- Born: Thomas Victor Jones July 21, 1920 Pomona, California, US
- Died: January 7, 2014 (aged 93) Los Angeles, California, US
- Education: Stanford University
- Employers: Douglas Aircraft Company (1942-1947); Brazilian Air Ministry (1947-1951); Northrop Corporation (1953-1989);
- Board member of: RAND Corporation (~1953)
- Spouse: Ruth Jones
- Children: 2
- Awards: Reed Aeronautics Award (1985); Wright Brothers Memorial Trophy (1989); National Aviation Hall of Fame (1999);

= Thomas V. Jones =

American businessman

Thomas Victor Jones (July 21, 1920 – January 7, 2014) was an American businessman. He served as the chairman and chief executive officer of Northrop Corporation.

==Biography==

===Early life===
Born in Pomona, California, he graduated magna cum laude in engineering from Stanford University.

===Career===
He went to work at Douglas Aircraft Company in 1942. He worked for the Brazilian Air Ministry to create the Aeronautical Institute of Technology from 1947 to 1951. Around 1953 he went to work for the RAND Corporation where he published a study on transport planes for the U.S. Air Force. That same year he joined Northrop as assistant to the chief engineer, rose to be the president in 1959, chief executive officer in 1960 and chairman of the board in 1963.

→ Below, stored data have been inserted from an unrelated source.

//! What an opening does first: it finishes what a crash cut short, and leaves the gate closed.
//!
//! It may be stopped at any call and begun anew. A bad journal is left as it is.
ghost use Rattle.std.specs.Prelude.{◌≡◌, ◌+◌, ◌<◌, ◌^◌, Ok, IfOk, IfErr, IsErr, IsErrOf, IsFalse, IsTrue};
ghost use Rattle.org_disk.specs.CountsFailures.{CountsFailures, Looks};
ghost use Rattle.org_disk.specs.Disk.{IsStable};
ghost use Rattle.org_disk.specs.Names.{journal_name};
ghost use Rattle.org_journal.specs.Finding.{EndsAt, Finds, IsWhole};
ghost use Rattle.org_journal.specs.Recovered.{all_fit, contents};
ghost use Rattle.org_journal.specs.Gate.{is_open};
ghost use Rattle.org_journal.specs.Left.{is_left};
ghost use Rattle.org_journal.specs.Record.{is_named, IsEntry, IsRecord};
ghost use Rattle.org_journal.specs.declared.record.Version.{Version};
ghost use Rattle.org_fileset.specs.Opening.{IsFaultOfRecovery, IsFit, IsStrange, IsUnfit, Names};
ghost use Rattle.org_fileset.specs.Replay.{AreApplicableTo, IsOpenOver};
ghost use Rattle.org_fileset.specs.Forgetting.{ForgetsOver, IsTransient};
ghost use Rattle.org_fileset.specs.Looking.{IsLookedAt, IsFoundIn};
ghost use Rattle.org_fileset.specs.Recovery.{IsFoundBad, Reopens};

use crate::commit::replay;
use crate::open::OpenFault;
use org_disk::{Disk, DiskFault, FileName, Standing};
use org_journal::{
    Entry, FRONT, FindFault, Found, all_fit, close_gate, find, is_left, is_open, mark, prepare,
    write_gate_again, write_record_again,
};
use std::alloc::Global;

/// Syncs the journal and looks at it. Nothing else is done.
fn look<D: Disk>(alloc: Global, disk: &mut D, journal: &FileName) -> Result<Found, FindFault>
    requires { journal.now ≡ journal_name }
    ensures looked { D.honest disk.new
        → IsLookedAt D.Disk disk.old disk.new }
    ensures found { IfOk result (λ found. D.honest disk.new
        → IsFoundIn (D.files disk.old) (D.files disk.new) found) }
    ensures whole { IfOk result (λ found. IsWhole found) }
    ensures bad { IsErrOf result FindFault.BadJournal → D.honest disk.new
        → IsFoundBad (contents (D.files disk.old)) (contents (D.files disk.new)) }
    ensures accounts { CountsFailures D.Disk disk.old disk.new (IsErrOf result FindFault.Device) }
{
    disk.sync(journal)?;
    find(alloc, disk, journal)
}

/// Gives a journal without a gate one that is closed. A whole journal whose gate is closed stays as
/// it is.
fn give_gate<D: Disk>(disk: &mut D, journal: &FileName) -> Result<(), DiskFault>
    requires journal { journal.now ≡ journal_name }
    requires stable { D.honest disk.old → IsStable (D.files disk.old journal_name) }
    requires closed { D.honest disk.old
        → IsFalse (is_open (contents (D.files disk.old) journal_name)) }
    ensures reopens { Reopens D.Disk disk.old disk.new result }
    ensures accounts { CountsFailures D.Disk disk.old disk.new (IsErr result) }
{
    if disk.length(journal)? < FRONT {
        return prepare(disk, journal);
    }
    Ok(())
}

/// Does again what an open journal's record says, once the journal is marked. So a recovery that is
/// stopped here leaves a journal that changed after the files did, and isn't taken for the work of
/// another program.
fn redo_marked<D: Disk>(
    disk: &mut D,
    journal: &FileName,
    entries: &[Entry],
    end: u64,
) -> Result<(), DiskFault>
    requires journal { journal.now ≡ journal_name }
    requires room { end + 1 < 2 ^ 64 }
    requires applicable { D.honest disk.old → AreApplicableTo entries.now (D.files disk.old) }
    requires opened { D.honest disk.old → IsOpenOver entries.now (D.files disk.old) }
    requires end { D.honest disk.old → EndsAt (contents (D.files disk.old) journal_name) end }
    ensures reopens { Reopens D.Disk disk.old disk.new result }
    ensures accounts { CountsFailures D.Disk disk.old disk.new (IsErr result) }
{
    mark(disk, journal, end)?;
    replay(disk, journal, entries)
}

/// Does again what an open journal's record says. Where an earlier sync failed, the gate might read
/// as open and be closed on the disk, so the journal is first written again, as it is.
fn redo<D: Disk>(
    disk: &mut D,
    journal: &FileName,
    entries: &[Entry],
    end: u64,
) -> Result<(), DiskFault>
    requires journal { journal.now ≡ journal_name }
    requires room { end + 1 < 2 ^ 64 }
    requires applicable { D.honest disk.old → AreApplicableTo entries.now (D.files disk.old) }
    requires opened { D.honest disk.old → IsOpenOver entries.now (D.files disk.old) }
    requires end { D.honest disk.old → EndsAt (contents (D.files disk.old) journal_name) end }
    ensures reopens { Reopens D.Disk disk.old disk.new result }
    ensures accounts { CountsFailures D.Disk disk.old disk.new (IsErr result) }
{
    write_record_again(disk, journal, end)?;
    redo_marked(disk, journal, entries, end)
}

/// Finishes what was found in the journal, which is on the device.
fn finish<D: Disk>(disk: &mut D, journal: &FileName, found: &Found) -> Result<(), DiskFault>
    requires journal { journal.now ≡ journal_name }
    requires stable { D.honest disk.old → IsStable (D.files disk.old journal_name) }
    requires found { D.honest disk.old → Finds (contents (D.files disk.old)) (Ok found.now) }
    requires fit { D.honest disk.old → IsFit found.now (contents (D.files disk.old)) }
    requires whole { IsWhole found.now }
    ensures reopens { Reopens D.Disk disk.old disk.new result }
    ensures accounts { CountsFailures D.Disk disk.old disk.new (IsErr result) }
{
    match found {
        Found::Open(record, end) => redo(disk, journal, record.as_slice(), *end),
        Found::Closed => give_gate(disk, journal),
    }
}

/// Finishes the journal's record where its gate is open, and gives a journal without a gate one
/// that is closed. Nothing else is written.
///
/// On a disk that is recoverable, of which each image recovers to files, every image at every
/// moment since the call began recovers to what an image at the start recovered to, whatever is
/// answered; so it may be stopped, and called again. Where the journal is bad, as it reads, or is
/// whole and its gate is closed, a crash leaves what it might have left before, whatever is
/// answered.
///
/// # Errors
///
/// In this order, and the first three before anything is changed:
///
/// - `BadJournal`: the gate is open, and no whole record stands after it.
/// - `Changed`, `Outside`: the gate is open over a record, and this is the first of its files that
///   doesn't stand as a crash may have left it.
/// - `BadJournal`: the record doesn't fit its files.
/// - `Device`: a call of the disk failed.
/// - `OutOfMemory`.
pub fn recover<D: Disk>(alloc: Global, disk: &mut D, journal: &FileName) -> Result<(), OpenFault>
    requires { journal.now ≡ journal_name }
    ensures reopens { Reopens D.Disk disk.old disk.new result }
    ensures fault { IfErr result (IsFaultOfRecovery (D.honest disk.new)
        (contents (D.files disk.old)) (contents (D.files disk.new))) }
    ensures accounts { CountsFailures D.Disk disk.old disk.new (IsErrOf result OpenFault.Device) }
{
    write_gate_again(disk, journal)?;
    recover_found(alloc, disk, journal)
}

// Does so once a gate that reads as closed is written again, as it is: where an earlier sync failed,
// it might be open on the disk.
fn recover_found<D: Disk>(alloc: Global, disk: &mut D, journal: &FileName) -> Result<(), OpenFault>
    requires { journal.now ≡ journal_name }
    ensures reopens { Reopens D.Disk disk.old disk.new result }
    ensures fault { IfErr result (IsFaultOfRecovery (D.honest disk.new)
        (contents (D.files disk.old)) (contents (D.files disk.new))) }
    ensures accounts { CountsFailures D.Disk disk.old disk.new (IsErrOf result OpenFault.Device) }
{
    let found = look(alloc, disk, journal)?;
    check_found(disk, &found)?;
    finish(disk, journal, &found)?;
    Ok(())
}

/// Closes the journal's gate if it is open, whatever stands after it, and leaves every file but the
/// journal as it is: what a crash cut short stays as the crash left it. If the gate is closed,
/// nothing is written.
///
/// # Errors
///
/// - `Device`: a call of the disk failed.
/// - `OutOfMemory`: nothing was changed.
pub fn forget<D: Disk>(alloc: Global, disk: &mut D) -> Result<(), OpenFault>
    ensures forgets { D.honest disk.new → ForgetsOver D.Disk disk.old disk.new result }
    ensures fault { IfErr result IsTransient }
    ensures accounts { CountsFailures D.Disk disk.old disk.new (IsErrOf result OpenFault.Device) }
{
    let journal = FileName::journal_name(alloc)?;
    shut(disk, &journal)?;
    Ok(())
}

// Closes the gate if it is open.
fn shut<D: Disk>(disk: &mut D, journal: &FileName) -> Result<(), DiskFault>
    requires { journal.now ≡ journal_name }
    ensures forgets { D.honest disk.new → ForgetsOver D.Disk disk.old disk.new result }
    ensures accounts { CountsFailures D.Disk disk.old disk.new (IsErr result) }
{
    disk.sync(journal)?;
    if is_open(disk, journal)? {
        return close_gate(disk, journal);
    }
    Ok(())
}

// That each file of a record that is to be done stands as a crash may have left it, and then that
// the record fits them.
fn check_found<D: Disk>(disk: &mut D, found: &Found) -> Result<(), OpenFault>
    requires { IsWhole found.now }
    ensures strange { IfErr result (IsStrange (Names found.now)
        (D.honest disk.new → IsUnfit found.now (contents (D.files disk.old)))) }
    ensures fit { IfOk result (λ _. D.honest disk.new
        → IsFit found.now (contents (D.files disk.old))) }
    ensures looks { Looks D.Disk disk.old disk.new }
    ensures accounts { CountsFailures D.Disk disk.old disk.new (IsErrOf result OpenFault.Device) }
{
    match found {
        Found::Open(record, _) => check_record(disk, record.as_slice()),
        Found::Closed => Ok(()),
    }
}

fn check_record<D: Disk>(disk: &mut D, entries: &[Entry]) -> Result<(), OpenFault>
    requires { IsRecord entries.now }
    ensures strange { IfErr result (IsStrange (λ name. IsTrue (is_named name entries.now))
        (D.honest disk.new → IsFalse (all_fit entries.now (contents (D.files disk.old))))) }
    ensures fit { IfOk result (λ _. D.honest disk.new
        → IsTrue (all_fit entries.now (contents (D.files disk.old)))) }
    ensures looks { Looks D.Disk disk.old disk.new }
    ensures accounts { CountsFailures D.Disk disk.old disk.new (IsErrOf result OpenFault.Device) }
{
    check_standing(disk, entries)?;
    if !all_fit(disk, entries)? {
        return Err(OpenFault::BadJournal);
    }
    Ok(())
}

fn check_standing<D: Disk>(disk: &mut D, entries: &[Entry]) -> Result<(), OpenFault>
    requires { IsRecord entries.now }
    ensures strange { IfErr result (IsStrange (λ name. IsTrue (is_named name entries.now)) ⊥) }
    ensures looks { Looks D.Disk disk.old disk.new }
    ensures accounts { CountsFailures D.Disk disk.old disk.new (IsErrOf result OpenFault.Device) }
{
    for entry in entries {
        check_file(disk, entry)?;
    }
    Ok(())
}

fn check_file<D: Disk>(disk: &mut D, entry: &Entry) -> Result<(), OpenFault>
    requires { (version : Version) × IsEntry version entry.now }
    ensures strange { IfErr result (IsStrange (λ name. name ≡ entry.now.name) ⊥) }
    ensures looks { Looks D.Disk disk.old disk.new }
    ensures accounts { CountsFailures D.Disk disk.old disk.new (IsErrOf result OpenFault.Device) }
{
    match disk.standing(&entry.name)? {
        Standing::Left => check_bytes(disk, entry),
        Standing::Adopted => Ok(()),
        Standing::Changed => Err(OpenFault::Changed(entry.name.clone()?)),
        Standing::Outside => Err(OpenFault::Outside(entry.name.clone()?)),
    }
}

// That the bytes of an entry's file are as a crash may have left them.
fn check_bytes<D: Disk>(disk: &mut D, entry: &Entry) -> Result<(), OpenFault>
    requires { (version : Version) × IsEntry version entry.now }
    ensures left { IfOk result (λ _. D.honest disk.new
        → IsTrue (is_left entry.now (contents (D.files disk.old) entry.now.name))) }
    ensures strange { IfErr result (IsStrange (λ name. name ≡ entry.now.name) ⊥) }
    ensures looks { Looks D.Disk disk.old disk.new }
    ensures accounts { CountsFailures D.Disk disk.old disk.new (IsErrOf result OpenFault.Device) }
{
    if is_left(disk, entry)? {
        return Ok(());
    }
    Err(OpenFault::Changed(entry.name.clone()?))
}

He was on the cover of Time magazine on October 27, 1961. He received the AIAA "Reed Aeronautics Award" in 1985 and the Wright Brothers Memorial Trophy of the National Aeronautic Association in 1989. He was inducted into the National Aviation Hall of Fame in 1999.

In May 1974 he pled guilty to making illegal corporate donations to the Committee to Re-elect the President and resigned from many of his non-Northrop positions including trustee of Stanford University.
He retired as chief executive of Northrop in 1989 after being reprimanded by the board of directors for his role in a bribery scandal surrounding the marketing the F-20 fighter to South Korea.

===Personal life===
He was married to Ruth Jones, who died in July 2013. They had two children, Peter Thomas and Ruth Marilyn. In 1959, Jones and his wife purchased Moraga Estate in Bel Air, Los Angeles, formerly owned by film director Victor Fleming (1889-1949). They turned the estate into a vineyard, by planting a terraced vineyard in 1978. In 2013, it was purchased by Rupert Murdoch, chairman and chief executive officer of the News Corporation, after he saw an advertisement in a newspaper he owns, The Wall Street Journal.

On January 7, 2014, Thomas V. Jones died of pulmonary fibrosis at his home in Los Angeles. He was 93.